> [THE TASK]
Report all lines in the records that hold the string "ncat".

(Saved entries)
- - - - -

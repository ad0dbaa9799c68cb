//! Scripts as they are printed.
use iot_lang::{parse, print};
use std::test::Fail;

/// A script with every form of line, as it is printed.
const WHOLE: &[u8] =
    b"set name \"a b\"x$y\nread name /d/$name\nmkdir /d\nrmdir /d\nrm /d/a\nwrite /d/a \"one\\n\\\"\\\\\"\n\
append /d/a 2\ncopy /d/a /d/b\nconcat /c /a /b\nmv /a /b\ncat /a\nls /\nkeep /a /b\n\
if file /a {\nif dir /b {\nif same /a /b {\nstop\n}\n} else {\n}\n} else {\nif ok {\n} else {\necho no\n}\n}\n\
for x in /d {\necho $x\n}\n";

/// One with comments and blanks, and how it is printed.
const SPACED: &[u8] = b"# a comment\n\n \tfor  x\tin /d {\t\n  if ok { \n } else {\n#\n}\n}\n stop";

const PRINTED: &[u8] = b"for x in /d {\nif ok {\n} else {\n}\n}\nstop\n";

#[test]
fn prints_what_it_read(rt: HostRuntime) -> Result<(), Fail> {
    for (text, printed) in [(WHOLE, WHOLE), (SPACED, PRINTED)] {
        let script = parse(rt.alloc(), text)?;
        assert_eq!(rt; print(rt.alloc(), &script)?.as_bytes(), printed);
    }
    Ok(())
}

- - - - -

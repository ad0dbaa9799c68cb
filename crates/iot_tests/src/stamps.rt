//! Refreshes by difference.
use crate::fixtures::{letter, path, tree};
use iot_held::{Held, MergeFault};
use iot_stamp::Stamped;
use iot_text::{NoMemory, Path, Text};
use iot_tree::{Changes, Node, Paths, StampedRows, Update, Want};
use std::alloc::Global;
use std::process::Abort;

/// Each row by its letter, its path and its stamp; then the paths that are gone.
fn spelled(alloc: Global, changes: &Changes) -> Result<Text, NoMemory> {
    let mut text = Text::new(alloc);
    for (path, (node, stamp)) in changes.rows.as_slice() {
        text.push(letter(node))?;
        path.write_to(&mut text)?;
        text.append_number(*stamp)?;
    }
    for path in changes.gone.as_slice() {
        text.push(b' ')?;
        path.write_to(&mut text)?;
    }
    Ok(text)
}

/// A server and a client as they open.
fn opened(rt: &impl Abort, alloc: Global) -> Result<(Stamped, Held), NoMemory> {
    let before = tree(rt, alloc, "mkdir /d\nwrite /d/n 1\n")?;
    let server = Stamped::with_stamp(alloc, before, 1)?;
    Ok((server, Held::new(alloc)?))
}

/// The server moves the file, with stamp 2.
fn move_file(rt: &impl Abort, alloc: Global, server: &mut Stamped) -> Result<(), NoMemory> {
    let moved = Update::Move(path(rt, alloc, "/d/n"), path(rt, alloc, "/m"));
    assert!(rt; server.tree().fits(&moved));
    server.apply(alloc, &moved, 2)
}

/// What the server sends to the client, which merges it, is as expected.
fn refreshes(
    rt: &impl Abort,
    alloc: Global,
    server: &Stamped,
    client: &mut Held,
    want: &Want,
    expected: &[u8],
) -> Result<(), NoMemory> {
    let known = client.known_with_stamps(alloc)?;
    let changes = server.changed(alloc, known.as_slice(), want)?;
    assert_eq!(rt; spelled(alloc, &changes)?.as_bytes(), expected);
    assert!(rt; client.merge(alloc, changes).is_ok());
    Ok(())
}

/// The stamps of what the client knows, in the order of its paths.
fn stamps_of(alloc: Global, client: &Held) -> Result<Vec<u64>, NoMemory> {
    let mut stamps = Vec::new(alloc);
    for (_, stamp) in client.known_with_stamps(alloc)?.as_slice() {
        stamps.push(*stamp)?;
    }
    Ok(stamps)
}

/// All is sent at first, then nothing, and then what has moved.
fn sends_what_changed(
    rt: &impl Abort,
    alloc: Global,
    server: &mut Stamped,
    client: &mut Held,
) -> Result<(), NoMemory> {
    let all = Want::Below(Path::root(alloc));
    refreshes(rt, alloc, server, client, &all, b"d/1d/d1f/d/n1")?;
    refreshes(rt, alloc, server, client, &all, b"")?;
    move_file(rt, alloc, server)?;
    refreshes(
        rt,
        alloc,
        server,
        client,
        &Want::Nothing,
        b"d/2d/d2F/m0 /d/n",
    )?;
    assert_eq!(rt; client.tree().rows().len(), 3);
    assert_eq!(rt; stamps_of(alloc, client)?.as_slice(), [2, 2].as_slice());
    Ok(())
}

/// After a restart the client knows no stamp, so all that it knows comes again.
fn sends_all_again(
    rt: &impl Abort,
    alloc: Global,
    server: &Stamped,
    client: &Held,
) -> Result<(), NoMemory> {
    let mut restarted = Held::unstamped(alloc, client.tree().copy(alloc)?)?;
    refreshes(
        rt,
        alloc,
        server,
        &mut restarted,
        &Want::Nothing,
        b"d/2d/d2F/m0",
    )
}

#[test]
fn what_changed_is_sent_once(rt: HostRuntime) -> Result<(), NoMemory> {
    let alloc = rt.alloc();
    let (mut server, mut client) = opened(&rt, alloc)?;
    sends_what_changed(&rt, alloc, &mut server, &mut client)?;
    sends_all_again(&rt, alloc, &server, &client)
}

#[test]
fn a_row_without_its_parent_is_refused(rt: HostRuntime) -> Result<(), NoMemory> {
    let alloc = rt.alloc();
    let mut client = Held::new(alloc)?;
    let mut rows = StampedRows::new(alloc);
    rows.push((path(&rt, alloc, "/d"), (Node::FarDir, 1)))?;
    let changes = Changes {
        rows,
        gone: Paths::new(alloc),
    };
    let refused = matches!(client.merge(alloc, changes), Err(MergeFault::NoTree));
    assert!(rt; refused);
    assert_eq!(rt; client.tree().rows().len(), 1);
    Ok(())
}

- - - - -

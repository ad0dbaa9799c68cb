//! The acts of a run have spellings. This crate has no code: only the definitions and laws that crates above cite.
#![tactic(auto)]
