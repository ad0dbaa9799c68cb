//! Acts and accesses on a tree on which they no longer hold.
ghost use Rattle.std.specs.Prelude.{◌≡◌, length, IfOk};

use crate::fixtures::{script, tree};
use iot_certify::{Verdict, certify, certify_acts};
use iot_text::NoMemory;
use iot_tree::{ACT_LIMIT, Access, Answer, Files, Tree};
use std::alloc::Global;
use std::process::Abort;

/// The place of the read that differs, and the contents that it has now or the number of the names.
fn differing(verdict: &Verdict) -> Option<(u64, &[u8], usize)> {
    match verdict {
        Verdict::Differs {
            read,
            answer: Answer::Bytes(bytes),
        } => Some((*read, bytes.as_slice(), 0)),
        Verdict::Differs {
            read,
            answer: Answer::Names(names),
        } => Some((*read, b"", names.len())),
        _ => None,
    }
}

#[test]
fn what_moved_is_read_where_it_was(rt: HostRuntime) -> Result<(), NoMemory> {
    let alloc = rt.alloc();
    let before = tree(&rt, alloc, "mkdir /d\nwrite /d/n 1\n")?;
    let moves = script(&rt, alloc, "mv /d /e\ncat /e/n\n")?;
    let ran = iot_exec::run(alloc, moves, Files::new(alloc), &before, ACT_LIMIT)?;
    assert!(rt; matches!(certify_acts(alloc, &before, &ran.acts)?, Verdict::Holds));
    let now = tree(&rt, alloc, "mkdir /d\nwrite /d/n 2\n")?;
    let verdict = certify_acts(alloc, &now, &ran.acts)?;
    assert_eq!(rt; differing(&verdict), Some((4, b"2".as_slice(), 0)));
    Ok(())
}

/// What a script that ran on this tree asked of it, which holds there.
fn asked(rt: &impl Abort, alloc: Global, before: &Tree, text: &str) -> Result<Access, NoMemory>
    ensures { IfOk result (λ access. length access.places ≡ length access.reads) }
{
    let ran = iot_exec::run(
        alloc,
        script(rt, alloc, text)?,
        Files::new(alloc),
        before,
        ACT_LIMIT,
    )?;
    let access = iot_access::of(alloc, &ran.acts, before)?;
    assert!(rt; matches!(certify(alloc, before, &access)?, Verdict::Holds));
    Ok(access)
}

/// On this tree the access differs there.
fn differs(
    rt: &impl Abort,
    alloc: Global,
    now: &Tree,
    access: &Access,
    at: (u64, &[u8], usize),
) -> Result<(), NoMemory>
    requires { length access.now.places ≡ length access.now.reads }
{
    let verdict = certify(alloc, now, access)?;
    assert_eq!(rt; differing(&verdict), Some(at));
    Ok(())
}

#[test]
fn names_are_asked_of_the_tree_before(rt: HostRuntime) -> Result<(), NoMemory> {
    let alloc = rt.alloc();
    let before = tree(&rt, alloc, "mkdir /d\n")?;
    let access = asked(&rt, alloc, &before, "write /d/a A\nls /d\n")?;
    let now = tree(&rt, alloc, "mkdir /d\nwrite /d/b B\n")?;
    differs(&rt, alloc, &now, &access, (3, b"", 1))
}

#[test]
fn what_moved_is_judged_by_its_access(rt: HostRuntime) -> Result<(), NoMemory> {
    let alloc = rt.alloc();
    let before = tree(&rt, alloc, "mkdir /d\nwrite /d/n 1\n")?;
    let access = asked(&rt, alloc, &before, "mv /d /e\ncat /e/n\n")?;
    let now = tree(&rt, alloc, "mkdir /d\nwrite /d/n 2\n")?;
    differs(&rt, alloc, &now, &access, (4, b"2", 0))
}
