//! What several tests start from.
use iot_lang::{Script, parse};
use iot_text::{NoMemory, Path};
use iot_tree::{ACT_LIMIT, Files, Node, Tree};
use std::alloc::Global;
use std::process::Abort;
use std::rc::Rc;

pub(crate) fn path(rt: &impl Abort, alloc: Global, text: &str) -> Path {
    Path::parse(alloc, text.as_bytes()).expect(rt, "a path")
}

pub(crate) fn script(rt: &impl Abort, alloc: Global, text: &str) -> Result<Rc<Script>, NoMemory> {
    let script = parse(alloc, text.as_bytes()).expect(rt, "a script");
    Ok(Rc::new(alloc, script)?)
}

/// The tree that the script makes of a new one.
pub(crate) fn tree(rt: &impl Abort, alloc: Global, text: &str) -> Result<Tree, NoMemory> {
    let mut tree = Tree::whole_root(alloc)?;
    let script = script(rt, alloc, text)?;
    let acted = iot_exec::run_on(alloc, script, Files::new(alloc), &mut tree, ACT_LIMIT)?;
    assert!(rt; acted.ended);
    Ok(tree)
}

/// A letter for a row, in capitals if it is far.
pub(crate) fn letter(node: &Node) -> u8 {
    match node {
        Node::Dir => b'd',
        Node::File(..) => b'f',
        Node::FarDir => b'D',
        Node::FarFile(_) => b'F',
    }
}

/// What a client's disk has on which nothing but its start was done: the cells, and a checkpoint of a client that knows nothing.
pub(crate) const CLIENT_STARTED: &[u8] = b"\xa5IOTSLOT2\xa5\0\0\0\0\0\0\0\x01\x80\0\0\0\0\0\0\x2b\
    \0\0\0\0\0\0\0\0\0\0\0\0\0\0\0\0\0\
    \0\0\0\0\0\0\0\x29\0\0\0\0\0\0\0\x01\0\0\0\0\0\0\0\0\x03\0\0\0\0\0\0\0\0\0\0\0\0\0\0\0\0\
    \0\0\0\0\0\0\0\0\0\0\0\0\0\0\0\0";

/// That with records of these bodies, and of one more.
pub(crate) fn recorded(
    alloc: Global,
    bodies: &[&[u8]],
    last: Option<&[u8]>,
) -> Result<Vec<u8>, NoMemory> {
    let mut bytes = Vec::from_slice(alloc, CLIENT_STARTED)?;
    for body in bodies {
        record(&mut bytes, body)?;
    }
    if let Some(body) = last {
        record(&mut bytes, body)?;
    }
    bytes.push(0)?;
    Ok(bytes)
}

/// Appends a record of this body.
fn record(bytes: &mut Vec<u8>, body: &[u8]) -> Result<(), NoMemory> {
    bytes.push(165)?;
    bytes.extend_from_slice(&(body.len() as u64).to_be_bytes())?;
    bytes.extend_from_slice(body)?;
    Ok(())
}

- - - - -

> [WORKED SOLUTION]
append /d/a 2\ncopy /d/a /d/b\nconcat /c /a /b\nmv /a /b\ncat /a\nls /\nkeep /a /b\n\
    let moves = script(&rt, alloc, "mv /d /e\ncat /e/n\n")?;
    let access = asked(&rt, alloc, &before, "mv /d /e\ncat /e/n\n")?;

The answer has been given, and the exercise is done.